• **Material to process**:

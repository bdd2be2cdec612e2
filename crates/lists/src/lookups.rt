// The look-ups that the rules ask for, with their answers named.
ghost use Rattle.std.specs.Prelude.{◌≡◌};
ghost use Rattle.lists.specs.Lookups.{lei_rows, country_known, currency_rows, venue_rows, instrument_rows};

use crate::rows::{Countries, Currencies, Instruments, Leis, Venues};
use crate::scan::list_says;

// Some row serves on the day: with status 1, 3 or 4; with any of 1 to 4; with any of these, whenever it was registered.
#[derive(Clone, Copy)]
pub struct LeiRows {
    pub unlapsed: bool,
    pub any: bool,
    pub whenever: bool,
}

#[derive(Clone, Copy)]
pub struct CurrencyRows {
    pub current: bool,
    pub pre_euro: bool,
}

// An EEA venue, a systematic internaliser, a venue outside the EEA.
#[derive(Clone, Copy)]
pub struct VenueRows {
    pub kind1: bool,
    pub kind2: bool,
    pub kind3: bool,
}

// Some row on the day: whatever its CFI, one that matches a pattern of 330, one that matches a pattern of 350.
#[derive(Clone, Copy)]
pub struct InstrumentRows {
    pub listed: bool,
    pub debt: bool,
    pub bond: bool,
}

pub fn lei_rows(list: &[u8], key: &[u8], day: u32) -> LeiRows
    ensures { result ≡ lei_rows list.now key.now day }
{
    let says = list_says::<Leis>(list, key, day);
    LeiRows {
        unlapsed: says.first,
        any: says.second,
        whenever: says.third,
    }
}

pub fn country_known(list: &[u8], key: &[u8], day: u32) -> bool
    ensures { result ≡ country_known list.now key.now day }
{
    list_says::<Countries>(list, key, day).first
}

pub fn currency_rows(list: &[u8], key: &[u8], day: u32) -> CurrencyRows
    ensures { result ≡ currency_rows list.now key.now day }
{
    let says = list_says::<Currencies>(list, key, day);
    CurrencyRows {
        current: says.first,
        pre_euro: says.second,
    }
}

pub fn venue_rows(list: &[u8], key: &[u8], day: u32) -> VenueRows
    ensures { result ≡ venue_rows list.now key.now day }
{
    let says = list_says::<Venues>(list, key, day);
    VenueRows {
        kind1: says.first,
        kind2: says.second,
        kind3: says.third,
    }
}

pub fn instrument_rows(list: &[u8], key: &[u8], day: u32) -> InstrumentRows
    ensures { result ≡ instrument_rows list.now key.now day }
{
    let says = list_says::<Instruments>(list, key, day);
    InstrumentRows {
        listed: says.first,
        debt: says.second,
        bond: says.third,
    }
}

• **To do**: Read the listing. Report every line that includes the word "InstrumentRows".

• **Answer space**:
pub struct InstrumentRows {
pub fn instrument_rows(list: &[u8], key: &[u8], day: u32) -> InstrumentRows
    InstrumentRows {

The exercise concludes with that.